Monday, August 18, 2014

Amazing, Weird & Hard. Writing - and letting it go.

Writing is amazing. And weird. And hard. Maybe in that order and then scrambled again. Well, take it back. It's amazing at first when you get an idea. Or for me it is. I always think whatever I've written is my last piece, truly. But then it happens again. I'm usually sparked by some external experience -- watching someone else's play or film or listening to a piece of music. My personal inspirations rush in, a place, a theme, a character flaw, and I start writing.

It's such a cozy time during the early writing days. You're spending a lot of quality time together like a brand new relationship. Often as I'm falling asleep, the latest scene will replay in my head, the back and forth, what was felt, what wasn't, what was said, what wasn't. Some writers get major editor brain from the get-go. Not me. I just write and don't care and accept it's imperfect.

But the amazing time always ends, because you need to get feedback. That's the weird part which messily slides into the hard part quickly. It's like bringing your kid to the first day of school. You think she looks great (new dress! hair in two braids! what a smile!) But it's possible that her fellow classmates may see her differently (buck teeth! cross eyed stare! bad breath!)

Translation? You get feedback that the first 10 pages of your novel doesn't hook readers and that character of yours (INSERT NAME HERE) lacks a clear journey.

Hard.

But necessary.

Case in point. See the picture below of me when I'm twelve? I'm sure my mother, the Author of me, would say I was cute, but, well, you get it. It can all be subjective.



It's this hard part that scares a lot of the first time Authors I've spoken to via BookHive. Who wants to go in front of the firing squad? The flat computer screen and yourself on the couch, that intimate tête-à-tête, is such an easier place to live. I get it.

We do our best at BookHive to protect our Authors. We do this by carefully vetting our Test Readers. We've all been on blogs or Facebook when a psycho outlier goes for the jugular. If I ever see that kind of feedback from a Test Reader, which is unnecessarily snarky and cruel, we never use them again. Everything is tailored for the Author. From the way we order the questions, to who we pick to test their novel, BookHive does its best to give the Author the most potentially positive and useful outcome.

That all said, it's still scary for the writer. I recently had a play workshopped in New York and I found myself really distancing myself, emotionally and physically, from the rehearsals. Not all playwrights work this way. But the play had been mine for so long. I had to take a step back. It's the only way I had a chance in hell to 'see it' at all in the performances.
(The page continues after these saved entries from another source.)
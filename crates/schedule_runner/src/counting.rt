//! Counts the rows of a branch, data file by data file.
ghost use Rattle.std.specs.Prelude.{◌≡◌, ◌≢◌, ◌<◌, [], List as Seq, length, Ok, IfOk, IfErr, IsErrOf};
ghost use Rattle.std.specs.Option.{ForSome};
ghost use Rattle.plain_types.specs.Causes.{HasCause};
ghost use Rattle.row_values.specs.declared.value.Value.{Value};
ghost use Rattle.table_metadata.specs.Metadata.{parts};
ghost use Rattle.table_state.specs.Files.{data_file_at};
ghost use Rattle.table_state.specs.Live.{data_rows};
ghost use Rattle.schedule_runner.specs.Rows.{current_rows};

use crate::blocks::count_datums;
use branch_commit::load_current;
use manifest_files::Entry;
use std::alloc::Global;
use store_core::Store;
use table_metadata::Metadata;
use table_state::{LoadFault, data_files_of, read_data_file_at, read_file};

// How many rows a data file has. The file is read whole only where its blocks can't be counted.
fn count_in_file<S: Store>(
    alloc: Global,
    store: &mut S,
    table: &str,
    metadata: &Metadata,
    path: &str,
) -> Result<u64, LoadFault>
    ensures ok { IfOk result (λ count. ForSome (S.files store.old)
        (λ files. (rows : Seq (Seq Value)) → data_file_at table.now (parts metadata.now) path.now files ≡ Ok rows
        → count ≡ length rows)) }
    ensures err { IfErr result (λ f. f ≢ LoadFault.Store → f ≢ LoadFault.Memory
        → ForSome (S.files store.old) (λ files. (rows : Seq (Seq Value))
        → data_file_at table.now (parts metadata.now) path.now files ≡ Ok rows → ⊥)) }
    ensures files { S.files store.new ≡ S.files store.old }
    ensures unsettled { IsErrOf result LoadFault.Store → 0 < S.unsettled store.new }
    ensures cause { HasCause LoadFault.Store LoadFault.Memory (S.faults store.old) (S.faults store.new) result }
{
    let bytes = read_file(alloc, store, table, metadata.location.as_str(), path)?;
    match count_datums(alloc, bytes.as_slice())? {
        Some(count) => Ok(count),
        None => {
            let rows = read_data_file_at(alloc, store, table, metadata, path)?;
            Ok(rows.len() as u64)
        }
    }
}

// A count that `u64` can't hold is want of memory: no machine holds so many rows.
fn count_in_files<S: Store>(
    alloc: Global,
    store: &mut S,
    table: &str,
    metadata: &Metadata,
    entries: &[Entry],
) -> Result<u64, LoadFault>
    ensures ok { IfOk result (λ count. ForSome (S.files store.old)
        (λ files. (rows : Seq (Seq Value)) → data_rows table.now (parts metadata.now) [] entries.now files ≡ Ok rows
        → count ≡ length rows)) }
    ensures err { IfErr result (λ f. f ≢ LoadFault.Store → f ≢ LoadFault.Memory
        → ForSome (S.files store.old) (λ files. (rows : Seq (Seq Value))
        → data_rows table.now (parts metadata.now) [] entries.now files ≡ Ok rows → ⊥)) }
    ensures files { S.files store.new ≡ S.files store.old }
    ensures unsettled { IsErrOf result LoadFault.Store → 0 < S.unsettled store.new }
    ensures cause { HasCause LoadFault.Store LoadFault.Memory (S.faults store.old) (S.faults store.new) result }
{
    let mut count: u64 = 0;
    let mut rest = entries;
    while let [entry, after @ ..] = rest {
        let more = count_in_file(alloc, store, table, metadata, entry.path.as_str())?;
        count = count.checked_add(more).ok_or(LoadFault::Memory)?;
        rest = after;
    }
    Ok(count)
}

/// How many rows a branch has at the current version of the table, where they can be read: data files are counted by their
/// blocks, and their datums are not read.
pub fn count_rows<S: Store>(
    alloc: Global,
    store: &mut S,
    table: &str,
    branch: &str,
) -> Result<u64, LoadFault>
    ensures counted { IfOk result (λ count. ForSome (S.files store.old)
        (λ files. (rows : Seq (Seq Value)) → current_rows table.now branch.now files ≡ Ok rows → count ≡ length rows)) }
    ensures refused { IfErr result (λ f. f ≢ LoadFault.Store → f ≢ LoadFault.Memory
        → ForSome (S.files store.old) (λ files. (rows : Seq (Seq Value)) → current_rows table.now branch.now files ≡ Ok rows → ⊥)) }
    ensures files { S.files store.new ≡ S.files store.old }
    ensures unsettled { IsErrOf result LoadFault.Store → 0 < S.unsettled store.new }
    ensures cause { HasCause LoadFault.Store LoadFault.Memory (S.faults store.old) (S.faults store.new) result }
{
    let state = load_current(alloc, store, table, branch)?;
    count_in_files(
        alloc,
        store,
        table,
        &state.metadata,
        data_files_of(&state.head),
    )
}
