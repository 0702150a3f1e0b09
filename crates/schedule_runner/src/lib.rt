//! Runs a script on a table that is open and that nobody else changes, to its end or to a fault with its cause, and counts
//! the rows of its branches.
//!
//! The steps of a run are the machine's, one after another over the files that are there before each. At each front of the
//! steps the rows of the branch are those of a serial run of the statements carried out so far (`specs/Running.antt`).
#![tactic(auto)]

mod blocks;
mod counting;
mod finishing;
mod going_on;
mod laws;
mod running;

pub use counting::count_rows;
pub use finishing::{Run, run_session};
pub use laws::{
    a_lone_session_meets_no_conflict, a_run_goes_on_by_a_step, a_run_stands_when_files_are_added,
    a_session_runs_from_its_begin_to_its_end, a_step_carries_a_serial_run_on,
    a_step_is_of_the_statement_at_hand, a_step_that_fails_ends_a_run, a_step_that_is_made_goes_on,
};
pub use running::run_script;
Getting feedback is a total act of letting go.  I meditate on not having huge expectations and not looking for every Test Reader to validate my work. This is all easier said then done. But when I tested my own YA novel through BookHive, some of the critiques stung, but a lot of it gave me the direction to make the work better. There were also a lot of thumbs up, so I knew what to keep. I'd rather face my fear of someone thinking I'm not oh-so-brilliant than keeping my work safe and for an audience of only one (me).

I'd admire all writers who take the leap to get better. Writing is weird. And amazing. And hard. In that order, scrambled, and all at once, too.